*** DATA FOR THIS EXERCISE ***

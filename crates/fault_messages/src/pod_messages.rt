//! Why a POD is refused, in words.
ghost use Rattle.std.specs.Prelude.{◌≡◌, ◌++◌, OnOk};
ghost use Rattle.fault_messages.specs.PodMessages.{pod_words, carried, number_text, size_part, short_part};
ghost use Rattle.fault_messages.specs.PodMessages.{pod_behind, pod_said};

use crate::key_names::put_key;
use pw_lists::{Memory, Text, append_decimal};
use run_results::PodWhy;

/// The letters that a WAV file begins with, as a number of four bytes.
const RIFF: u32 = 0x46464952;

// The words; where a number is carried, it follows them.
fn pod_words(why: PodWhy) -> &'static [u8]
    ensures { result.now ≡ pod_words why }
{
    match why {
        PodWhy::Short { .. } => b"a POD passes the end of what holds it, at byte ",
        PodWhy::TypeUnknown { .. } => b"a type that is not read, at byte ",
        PodWhy::Size { .. } => b"a size that its type does not have, at byte ",
        PodWhy::Uneven { .. } => b"values that do not fill their body, at byte ",
        PodWhy::Deep { .. } => b"a POD more than 16 deep, at byte ",
        PodWhy::Large { .. } => b"a POD of more than 1048576 bytes: ",
        PodWhy::Nul { .. } => b"a string without a nul at its end, at byte ",
        PodWhy::Rest { .. } => b"the file goes on behind its POD, at byte ",
        PodWhy::NotObject => b"the POD is no object",
        PodWhy::KeyTwice { .. } => b"a property stands twice, under key ",
        PodWhy::FlagsChoice { .. } => b"a choice of flags, under key ",
        PodWhy::BadRange { .. } => b"a range that is none, under key ",
        PodWhy::BadStep { .. } => b"a step that is none, under key ",
        PodWhy::EmptyChoice { .. } => b"a choice without a value, under key ",
        PodWhy::NotFormat => b"the object is no format",
        PodWhy::Clash { .. } => b"nothing is left of what the port offers, under key ",
        PodWhy::NotSequence => b"the POD is no control sequence",
        PodWhy::OffsetFalls { .. } => b"an offset below the one before, in control ",
        PodWhy::NotProps { .. } => b"a value that is no properties object, in control ",
        PodWhy::GainForm { .. } => b"a gain that is no Int from -32767 to 32767, in control ",
    }
}

// The number that the fault carries.
fn carried(why: PodWhy) -> Option<u32>
    ensures { result ≡ carried why }
{
    match why {
        PodWhy::Short { offset } => Some(offset),
        PodWhy::TypeUnknown { offset, .. } => Some(offset),
        PodWhy::Size { offset } => Some(offset),
        PodWhy::Uneven { offset } => Some(offset),
        PodWhy::Deep { offset } => Some(offset),
        PodWhy::Large { size } => Some(size),
        PodWhy::Nul { offset } => Some(offset),
        PodWhy::Rest { offset } => Some(offset),
        PodWhy::NotObject | PodWhy::NotFormat | PodWhy::NotSequence => None,
        PodWhy::KeyTwice { key } => Some(key),
        PodWhy::FlagsChoice { key } => Some(key),
        PodWhy::BadRange { key } => Some(key),
        PodWhy::BadStep { key } => Some(key),
        PodWhy::EmptyChoice { key } => Some(key),
        PodWhy::Clash { key } => Some(key),
        PodWhy::OffsetFalls { index } => Some(index),
        PodWhy::NotProps { index } => Some(index),
        PodWhy::GainForm { index } => Some(index),
    }
}

fn put_carried(text: &mut Text, why: PodWhy) -> Result<(), Memory>
    ensures { OnOk result (text.new ≡ text.old ++ number_text (carried why)) }
{
    match carried(why) {
        None => Ok(()),
        Some(n) => append_decimal(text, u64::from(n)),
    }
}

// What is said of a size: that it is the beginning of a WAV file, or what makes a POD.
fn size_part(size: u32) -> &'static [u8]
    ensures { result.now ≡ size_part size }
{
    if size == RIFF {
        b"; it begins with RIFF, as a WAV file does"
    } else {
        b"; pipegraph-pods makes a POD of a list or of a dump's text"
    }
}

// What is said of a file that is shorter than the POD that it begins with.
fn short_part(offset: u32) -> &'static [u8]
    ensures { result.now ≡ short_part offset }
{
    if offset == 0 {
        b"; pipegraph-pods makes a POD of a list or of a dump's text"
    } else {
        b""
    }
}

// What is after the number.
fn put_pod_behind(text: &mut Text, why: PodWhy) -> Result<(), Memory>
    ensures { OnOk result (text.new ≡ text.old ++ pod_behind why) }
{
    match why {
        PodWhy::Short { offset } => text.extend(short_part(offset)),
        PodWhy::Large { size } => text.extend(size_part(size)),
        PodWhy::KeyTwice { key } => put_key(text, key),
        PodWhy::FlagsChoice { key } => put_key(text, key),
        PodWhy::BadRange { key } => put_key(text, key),
        PodWhy::BadStep { key } => put_key(text, key),
        PodWhy::EmptyChoice { key } => put_key(text, key),
        PodWhy::Clash { key } => put_key(text, key),
        PodWhy::GainForm { .. } => text.extend(b"; 256 is 0 dB"),
        _ => Ok(()),
    }
}

/// Why a POD is refused.
pub fn put_pod(text: &mut Text, why: PodWhy) -> Result<(), Memory>
    ensures { OnOk result (text.new ≡ text.old ++ pod_said why) }
{
    text.extend(pod_words(why))?;
    put_carried(text, why)?;
    put_pod_behind(text, why)
}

***

• _WHAT THE TASK ASKS_: Across the data above, how many lines contain "that"? Reply with a bare number.

• _RESULT_: 11